My story is eerily similar to DN's. I cannot fully explain the psychological effect of losing your life partner due to geographical restrictions imposed by your specialty choice. I struggled with the few job offers I had out of residency, all in undesirable locations. The one I finally took, I figured I would be at least well paid and valued there. Wrong. Not only did I lose my SO but I was despised by the sociopaths that ran the place who conspired to make my life a living hell until I quit. Back to starting over 3 years later, older, and in a personally and professionally far worse situation than what you started as. I'm almost 40 and all of my possessions from the houses I owned in med school and residency are still in long term storage. I've been living in short term rentals/extended stays since due to unstable job situation. Think this is how I envisioned my life turning out post-residency?
The OP absolutely should continue with radiology. The trap he/she is falling into is still thinking like a med student regarding what is academically interesting and not viewing it as a job. Radiology will allow you to live just about anywhere while earning at a minimum double what a PCP makes, who can also live anywhere. That is worth its weight in gold. One of the few friends I made at my first job was a radiologist. He wasn't extremely enthusiastic about his career choice and having to read all day grinds on him.
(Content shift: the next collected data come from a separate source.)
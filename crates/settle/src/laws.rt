//! Laws of graphs that are settled. Each is the contract of a function that does nothing.
ghost use Rattle.std.specs.Prelude.{◌≡◌, ◌≤◌, ◌+◌, ◌^◌, ℕ, true, false, List, [], ◌∷◌, length};
ghost use Rattle.std.specs.List.{All};
ghost use Rattle.graph.specs.declared.parts.Parts.{Parts};
ghost use Rattle.graph.specs.Whole.{IsGraph};
ghost use Rattle.settle.specs.Laws.{HoldAnyAlike, has_regions_alone, SettledRows};
ghost use Rattle.settle.specs.Settled.{name_no_segment, segments, settled, is_too_large};

/// A graph in which none of the registers names a node of a segment is settled as itself alone.
pub fn what_names_no_segment_is_settled()
    ensures { (registers : List ℕ) (parts : Parts) → name_no_segment registers parts ≡ true → settled registers parts ≡ parts ∷ [] }
{}

/// So is a graph without segments, whatever the registers.
pub fn regions_are_settled()
    ensures { (registers : List ℕ) (parts : Parts) → IsGraph parts → has_regions_alone parts ≡ true → settled registers parts ≡ parts ∷ [] }
{}

/// In each graph of a graph that is settled the same registers hold a value of which nothing is known.
pub fn settling_keeps_what_nothing_is_known_of()
    ensures { (registers : List ℕ) (parts : Parts) →
        IsGraph parts →
        is_too_large registers parts ≡ false →
        All (HoldAnyAlike parts) (settled registers parts) }
{}

/// Of k segments and n registers there come no more than (k + 1)^n graphs.
pub fn there_are_few_settled_graphs()
    ensures { (registers : List ℕ) (parts : Parts) →
        IsGraph parts →
        is_too_large registers parts ≡ false →
        length (settled registers parts) ≤ (segments parts + 1) ^ length registers }
{}

/// The graphs of one with two segments in a row, as they were worked out by hand.
pub fn settled_graphs_are_as_worked_out()
    ensures { SettledRows }
{}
However, he is on vacation once a month. Just called me from a helicopter ride in the Grand Canyon. He's always doing something fun and said his philosophy was "don't kill yourself working hard so you can enjoy your retirement but instead try to live a little bit of your retirement all the while you are working." The group I work with right now doesn't really believe in vacation and tried to gaslight me telling me that "it's unheard of for a doctor to take more than 4 weeks of vacation." Radiologists regularly take 12+. As someone who previously had this much time off, its effect on your well-being cannot be understated. It's extremely rare to find a rad onc job that deviates from the 8-5 M-F 25 days of PTO model, and actually getting and scheduling time off can be sometimes impossible. I have a partner who has not been on vacation in 3 years. I'd like to take a month and go to South America and do a Spanish immersion course. Think I can do that in rad onc? Fat chance. When they ask about your hobbies on a job interview, you will get funny looks if you say you like to travel, or maybe a story about how they were able to take a week-long trip to Cancun a few years ago, like that's what you meant and to suggest that's about all you can expect. In radiology or anesthesiology, travelling extensively is a normal and common extracurricular activity. Once, on an interview, I mentioned that I am out of clinic on Fridays and often drive out and go skiing for a long weekend. The oncology manager (an RN) became visibly angry and started huffing and puffing and, said "I don't understand that, we work five days a week here, FIVE DAYS A WEEK." I did not get the job, and I obviously would not have wanted it anyway. I had similar experiences elsewhere. Silly me with the expectations of being an independent professional after a decade of training and setting my own schedule.
You will pigeon-hole yourself in rad onc. I probably can never return to the part of the country I grew up in where my parents still live. My residency location and prior work experience mean my C.V. is not considered anywhere outside of this region. After all, as a community doctor, what can you even put on your C.V. to distinguish you? I don't publish, and I can't write "I'm a really good doctor and care about my patients, trust me." So my C.V. just lists my residency location and work experience, and that's it and bouncing around jobs in a part of the country people make fun of looks really bad. I applied for a job in a very desirable location once and a partner actually emailed me saying how competitive it was and thanks for applying, but basically they would never consider somebody like me. Why not? I'm BC, extremely efficient and productive, and take pride in delivering high quality care. My patients love me. But my C.V. does not say Harvard and/or MD Anderson on it. That's the stupid game we play.
You won't have this problem in radiology. The truth is, rad onc residency can be extremely easy, especially these days. You don't have to study every night (I didn't). You can cram for boards (a brutal month of 8 hour studying days per exam, orals was more like 12). The education process is stupid. The residency doesn't prepare you to practice independently. It's mostly med-student level shadowing and note-writing with educational activities focused on preparing you to pass 4 stupid exams testing 30 year old trial data. I don't know about other people, but I don't have a great long-term memory when it comes to memorizing. If I am not constantly studying flashcards, I will forget exam trivia. I cannot tell you the outcomes of the VA Larynx trial off the top of my head anymore, let alone p-values. I cannot tell you anything beyond the basics about physics and radiobiology. Signaling pathways? Forget about it. Long gone. Yet, I can practice radiation oncology, a great deal of which I taught myself my first year out. Funny how that works. It was college all over, wasting years memorizing things you will just forget and never use. Wasting years when you are 19-22 isn't a huge loss. It is when you are 30-35. Those are years when you are supposed to be building families and careers, not acting like a college student. In radiology, your studying, while intense, will hopefully be something you retain and put to use every day.
DO NOT SWITCH INTO RADIATION ONCOLOGY.